- Entries supplied
**********

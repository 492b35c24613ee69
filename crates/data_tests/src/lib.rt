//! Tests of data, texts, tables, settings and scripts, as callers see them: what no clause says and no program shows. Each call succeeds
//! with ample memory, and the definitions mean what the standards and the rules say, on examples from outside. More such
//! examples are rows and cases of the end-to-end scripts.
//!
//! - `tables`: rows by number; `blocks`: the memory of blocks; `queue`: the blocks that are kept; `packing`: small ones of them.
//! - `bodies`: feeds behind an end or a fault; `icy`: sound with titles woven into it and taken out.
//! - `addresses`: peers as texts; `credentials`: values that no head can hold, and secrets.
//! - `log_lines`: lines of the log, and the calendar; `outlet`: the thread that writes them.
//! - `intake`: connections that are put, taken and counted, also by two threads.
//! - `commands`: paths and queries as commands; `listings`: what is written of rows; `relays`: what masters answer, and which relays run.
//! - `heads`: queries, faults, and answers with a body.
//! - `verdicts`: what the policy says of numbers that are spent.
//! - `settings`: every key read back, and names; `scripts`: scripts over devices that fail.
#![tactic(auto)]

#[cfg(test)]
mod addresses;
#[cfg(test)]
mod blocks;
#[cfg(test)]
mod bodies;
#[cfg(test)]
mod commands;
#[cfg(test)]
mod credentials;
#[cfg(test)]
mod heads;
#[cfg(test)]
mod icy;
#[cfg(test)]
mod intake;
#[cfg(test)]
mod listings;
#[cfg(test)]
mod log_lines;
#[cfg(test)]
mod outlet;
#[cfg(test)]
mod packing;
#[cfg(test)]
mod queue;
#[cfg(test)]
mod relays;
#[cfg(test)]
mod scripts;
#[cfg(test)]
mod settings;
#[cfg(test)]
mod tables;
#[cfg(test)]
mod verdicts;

**********

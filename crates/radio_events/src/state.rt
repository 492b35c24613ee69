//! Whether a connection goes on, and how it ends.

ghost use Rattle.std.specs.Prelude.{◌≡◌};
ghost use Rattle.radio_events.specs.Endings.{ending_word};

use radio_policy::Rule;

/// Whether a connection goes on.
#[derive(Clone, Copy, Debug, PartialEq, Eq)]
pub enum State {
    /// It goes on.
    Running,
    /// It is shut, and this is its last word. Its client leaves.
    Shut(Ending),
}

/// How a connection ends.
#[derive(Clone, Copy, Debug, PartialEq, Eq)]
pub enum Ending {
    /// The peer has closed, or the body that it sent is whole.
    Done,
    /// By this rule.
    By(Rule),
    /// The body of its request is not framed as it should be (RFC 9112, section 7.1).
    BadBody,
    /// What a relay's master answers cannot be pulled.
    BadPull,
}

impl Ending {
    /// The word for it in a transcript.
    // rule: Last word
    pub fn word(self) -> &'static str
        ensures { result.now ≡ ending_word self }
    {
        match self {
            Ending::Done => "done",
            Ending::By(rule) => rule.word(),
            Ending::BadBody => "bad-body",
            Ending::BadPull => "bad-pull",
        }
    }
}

**********

- Action item
In the listing above, find the line with "that are spent." and the line with "mod relays;"; set down exactly those two lines and every line between them, nothing more.

- Output of the task
//! - `verdicts`: what the policy says of numbers that are spent.
//! - `settings`: every key read back, and names; `scripts`: scripts over devices that fail.
#![tactic(auto)]

#[cfg(test)]
mod addresses;
#[cfg(test)]
mod blocks;
#[cfg(test)]
mod bodies;
#[cfg(test)]
mod commands;
#[cfg(test)]
mod credentials;
#[cfg(test)]
mod heads;
#[cfg(test)]
mod icy;
#[cfg(test)]
mod intake;
#[cfg(test)]
mod listings;
#[cfg(test)]
mod log_lines;
#[cfg(test)]
mod outlet;
#[cfg(test)]
mod packing;
#[cfg(test)]
mod queue;
#[cfg(test)]
mod relays;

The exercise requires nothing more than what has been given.